#### Requirement
Your answer needs to include each line of the records in which the string "NoText" can be found.

[Dataset excerpts]

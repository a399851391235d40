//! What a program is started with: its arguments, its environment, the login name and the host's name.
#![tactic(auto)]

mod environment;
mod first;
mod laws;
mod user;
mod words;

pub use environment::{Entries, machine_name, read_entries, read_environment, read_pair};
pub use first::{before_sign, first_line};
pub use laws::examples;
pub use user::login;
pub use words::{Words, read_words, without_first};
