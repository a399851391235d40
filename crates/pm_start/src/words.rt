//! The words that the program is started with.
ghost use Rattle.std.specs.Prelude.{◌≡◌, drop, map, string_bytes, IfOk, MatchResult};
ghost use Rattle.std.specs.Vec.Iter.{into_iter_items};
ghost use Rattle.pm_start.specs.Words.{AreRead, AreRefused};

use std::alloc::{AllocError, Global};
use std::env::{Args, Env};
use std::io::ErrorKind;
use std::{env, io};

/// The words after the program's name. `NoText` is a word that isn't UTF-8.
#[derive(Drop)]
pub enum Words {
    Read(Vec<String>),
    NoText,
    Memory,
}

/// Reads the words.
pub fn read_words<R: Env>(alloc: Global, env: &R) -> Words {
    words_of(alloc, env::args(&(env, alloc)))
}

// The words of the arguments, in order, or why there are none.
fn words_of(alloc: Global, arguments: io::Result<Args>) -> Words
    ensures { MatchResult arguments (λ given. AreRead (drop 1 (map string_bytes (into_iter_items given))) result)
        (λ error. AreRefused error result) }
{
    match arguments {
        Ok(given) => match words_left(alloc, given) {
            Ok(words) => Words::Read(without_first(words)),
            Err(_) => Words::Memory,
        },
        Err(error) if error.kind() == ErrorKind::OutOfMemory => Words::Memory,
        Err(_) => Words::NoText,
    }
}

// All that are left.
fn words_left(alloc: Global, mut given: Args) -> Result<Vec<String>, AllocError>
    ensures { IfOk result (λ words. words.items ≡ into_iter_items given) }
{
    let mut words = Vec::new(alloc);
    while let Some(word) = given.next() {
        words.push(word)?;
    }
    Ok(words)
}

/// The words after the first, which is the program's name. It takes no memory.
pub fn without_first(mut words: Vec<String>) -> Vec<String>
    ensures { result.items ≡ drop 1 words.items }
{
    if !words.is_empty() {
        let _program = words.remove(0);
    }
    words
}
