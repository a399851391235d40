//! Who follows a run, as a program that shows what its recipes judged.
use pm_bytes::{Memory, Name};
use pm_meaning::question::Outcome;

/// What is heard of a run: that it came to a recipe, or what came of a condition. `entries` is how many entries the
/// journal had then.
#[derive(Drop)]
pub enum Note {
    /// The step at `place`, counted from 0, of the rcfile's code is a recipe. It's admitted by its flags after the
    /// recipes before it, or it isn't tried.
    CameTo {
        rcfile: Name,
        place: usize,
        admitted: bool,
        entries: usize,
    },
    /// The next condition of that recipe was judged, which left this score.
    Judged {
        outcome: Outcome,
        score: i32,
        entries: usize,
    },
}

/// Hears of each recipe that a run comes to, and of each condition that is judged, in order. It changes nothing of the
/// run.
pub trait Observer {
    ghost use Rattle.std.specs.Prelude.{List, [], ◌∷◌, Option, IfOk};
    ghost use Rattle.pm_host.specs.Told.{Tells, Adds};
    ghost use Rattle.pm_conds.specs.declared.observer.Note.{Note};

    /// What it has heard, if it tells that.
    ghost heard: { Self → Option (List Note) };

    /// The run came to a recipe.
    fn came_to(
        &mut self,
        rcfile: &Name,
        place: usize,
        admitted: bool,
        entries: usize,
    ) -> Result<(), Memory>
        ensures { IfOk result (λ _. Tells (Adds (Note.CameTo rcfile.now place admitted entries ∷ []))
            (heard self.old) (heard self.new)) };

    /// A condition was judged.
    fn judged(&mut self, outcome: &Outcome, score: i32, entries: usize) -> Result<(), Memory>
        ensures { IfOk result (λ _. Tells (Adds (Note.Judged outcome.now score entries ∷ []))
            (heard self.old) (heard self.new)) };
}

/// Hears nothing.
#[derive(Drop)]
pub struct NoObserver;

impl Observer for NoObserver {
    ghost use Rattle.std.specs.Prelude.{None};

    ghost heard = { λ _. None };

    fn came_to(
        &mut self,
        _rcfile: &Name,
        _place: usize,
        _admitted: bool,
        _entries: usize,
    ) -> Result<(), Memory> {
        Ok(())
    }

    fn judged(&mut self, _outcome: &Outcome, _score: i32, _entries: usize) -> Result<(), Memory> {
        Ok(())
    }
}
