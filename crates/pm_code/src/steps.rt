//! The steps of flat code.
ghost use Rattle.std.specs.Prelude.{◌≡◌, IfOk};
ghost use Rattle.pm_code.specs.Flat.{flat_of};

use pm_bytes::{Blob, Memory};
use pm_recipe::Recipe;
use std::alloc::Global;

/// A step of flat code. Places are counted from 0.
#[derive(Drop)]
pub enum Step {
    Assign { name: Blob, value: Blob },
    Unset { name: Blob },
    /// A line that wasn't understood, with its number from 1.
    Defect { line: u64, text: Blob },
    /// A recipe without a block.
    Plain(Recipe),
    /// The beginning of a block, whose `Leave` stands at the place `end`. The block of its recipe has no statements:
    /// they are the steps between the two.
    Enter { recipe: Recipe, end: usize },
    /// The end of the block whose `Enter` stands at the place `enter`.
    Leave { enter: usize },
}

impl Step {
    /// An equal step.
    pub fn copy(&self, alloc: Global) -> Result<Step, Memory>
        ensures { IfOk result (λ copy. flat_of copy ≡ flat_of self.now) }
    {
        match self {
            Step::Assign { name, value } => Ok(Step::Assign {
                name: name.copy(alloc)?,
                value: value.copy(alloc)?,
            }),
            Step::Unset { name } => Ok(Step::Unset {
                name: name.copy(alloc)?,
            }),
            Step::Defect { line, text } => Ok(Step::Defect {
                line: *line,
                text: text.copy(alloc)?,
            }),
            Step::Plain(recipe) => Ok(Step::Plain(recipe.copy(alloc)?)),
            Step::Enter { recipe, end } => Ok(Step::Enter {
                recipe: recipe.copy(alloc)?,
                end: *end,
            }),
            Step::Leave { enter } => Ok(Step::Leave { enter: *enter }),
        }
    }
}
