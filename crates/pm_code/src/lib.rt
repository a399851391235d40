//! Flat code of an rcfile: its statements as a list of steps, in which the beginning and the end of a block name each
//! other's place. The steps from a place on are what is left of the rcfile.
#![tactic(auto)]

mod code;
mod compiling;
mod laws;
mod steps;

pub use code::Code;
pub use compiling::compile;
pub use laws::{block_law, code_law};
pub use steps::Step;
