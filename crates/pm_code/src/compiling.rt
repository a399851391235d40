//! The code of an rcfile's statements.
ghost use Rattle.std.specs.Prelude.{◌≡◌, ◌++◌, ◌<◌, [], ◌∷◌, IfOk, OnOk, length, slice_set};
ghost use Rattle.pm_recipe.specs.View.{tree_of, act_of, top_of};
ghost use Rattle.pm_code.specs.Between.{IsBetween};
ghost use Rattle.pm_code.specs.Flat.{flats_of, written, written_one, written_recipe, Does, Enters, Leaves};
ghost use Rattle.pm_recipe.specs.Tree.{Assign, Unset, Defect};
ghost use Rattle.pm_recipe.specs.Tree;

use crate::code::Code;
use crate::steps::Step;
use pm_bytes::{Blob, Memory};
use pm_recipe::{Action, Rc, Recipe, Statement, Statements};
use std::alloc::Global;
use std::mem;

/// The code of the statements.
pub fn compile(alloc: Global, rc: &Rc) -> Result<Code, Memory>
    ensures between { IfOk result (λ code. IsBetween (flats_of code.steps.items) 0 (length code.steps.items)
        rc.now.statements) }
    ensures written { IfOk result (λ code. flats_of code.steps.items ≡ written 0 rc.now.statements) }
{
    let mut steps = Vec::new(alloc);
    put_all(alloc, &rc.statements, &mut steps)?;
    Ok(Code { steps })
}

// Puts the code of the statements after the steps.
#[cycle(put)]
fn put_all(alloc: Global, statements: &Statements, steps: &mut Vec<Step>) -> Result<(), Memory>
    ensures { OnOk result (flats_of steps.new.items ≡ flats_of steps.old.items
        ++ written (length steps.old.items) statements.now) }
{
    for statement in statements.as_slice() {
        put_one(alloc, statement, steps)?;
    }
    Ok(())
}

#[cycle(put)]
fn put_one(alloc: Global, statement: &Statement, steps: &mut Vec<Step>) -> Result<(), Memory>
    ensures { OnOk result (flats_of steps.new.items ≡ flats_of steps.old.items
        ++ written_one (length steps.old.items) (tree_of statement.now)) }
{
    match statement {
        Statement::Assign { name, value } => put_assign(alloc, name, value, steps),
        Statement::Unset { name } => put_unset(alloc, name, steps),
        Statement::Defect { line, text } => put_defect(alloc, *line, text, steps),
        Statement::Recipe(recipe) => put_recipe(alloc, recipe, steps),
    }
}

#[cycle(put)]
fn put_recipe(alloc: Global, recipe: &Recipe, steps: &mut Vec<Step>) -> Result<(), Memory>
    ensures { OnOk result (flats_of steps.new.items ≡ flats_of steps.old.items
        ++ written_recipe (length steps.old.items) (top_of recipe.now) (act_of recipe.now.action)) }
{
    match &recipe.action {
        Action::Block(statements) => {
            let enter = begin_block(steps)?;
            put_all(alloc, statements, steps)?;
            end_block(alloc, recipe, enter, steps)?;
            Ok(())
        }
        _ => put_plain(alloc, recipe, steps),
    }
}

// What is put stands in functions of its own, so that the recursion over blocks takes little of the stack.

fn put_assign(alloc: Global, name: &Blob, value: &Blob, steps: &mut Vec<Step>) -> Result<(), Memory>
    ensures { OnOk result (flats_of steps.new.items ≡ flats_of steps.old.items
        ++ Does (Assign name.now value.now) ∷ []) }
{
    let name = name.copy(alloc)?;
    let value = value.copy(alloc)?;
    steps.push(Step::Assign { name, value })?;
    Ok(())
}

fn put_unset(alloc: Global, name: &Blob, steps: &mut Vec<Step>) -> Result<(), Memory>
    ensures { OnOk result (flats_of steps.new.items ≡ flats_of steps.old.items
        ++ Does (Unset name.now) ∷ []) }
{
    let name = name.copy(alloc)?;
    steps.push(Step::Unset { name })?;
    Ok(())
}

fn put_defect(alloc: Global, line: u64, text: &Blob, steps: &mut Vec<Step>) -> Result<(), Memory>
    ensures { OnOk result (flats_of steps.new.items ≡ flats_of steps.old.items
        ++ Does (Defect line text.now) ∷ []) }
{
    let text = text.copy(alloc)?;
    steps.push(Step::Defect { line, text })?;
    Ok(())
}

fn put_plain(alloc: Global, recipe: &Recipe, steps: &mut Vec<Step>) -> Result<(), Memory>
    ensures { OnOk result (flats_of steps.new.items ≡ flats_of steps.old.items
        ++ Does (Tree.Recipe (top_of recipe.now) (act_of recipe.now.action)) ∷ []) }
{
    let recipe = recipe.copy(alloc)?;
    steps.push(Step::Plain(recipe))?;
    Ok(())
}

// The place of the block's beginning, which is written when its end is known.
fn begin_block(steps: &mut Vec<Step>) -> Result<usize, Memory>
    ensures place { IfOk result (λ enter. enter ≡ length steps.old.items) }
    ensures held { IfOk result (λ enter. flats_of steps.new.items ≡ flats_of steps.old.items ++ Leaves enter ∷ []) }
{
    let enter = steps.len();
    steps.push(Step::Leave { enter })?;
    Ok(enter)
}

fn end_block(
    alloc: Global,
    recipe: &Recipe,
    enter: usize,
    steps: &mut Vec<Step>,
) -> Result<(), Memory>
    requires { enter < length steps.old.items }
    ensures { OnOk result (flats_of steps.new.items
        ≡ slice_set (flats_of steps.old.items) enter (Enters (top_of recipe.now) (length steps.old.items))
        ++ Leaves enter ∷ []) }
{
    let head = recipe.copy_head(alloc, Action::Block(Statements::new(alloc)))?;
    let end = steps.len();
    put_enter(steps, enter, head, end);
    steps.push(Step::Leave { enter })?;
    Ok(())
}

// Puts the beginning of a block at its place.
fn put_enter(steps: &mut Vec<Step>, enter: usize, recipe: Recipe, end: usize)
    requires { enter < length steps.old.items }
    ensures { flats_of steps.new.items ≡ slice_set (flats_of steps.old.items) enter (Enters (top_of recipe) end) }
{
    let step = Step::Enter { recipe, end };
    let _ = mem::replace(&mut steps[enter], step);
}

#### Output below
/// The words after the program's name. `NoText` is a word that isn't UTF-8.
    NoText,
        Err(_) => Words::NoText,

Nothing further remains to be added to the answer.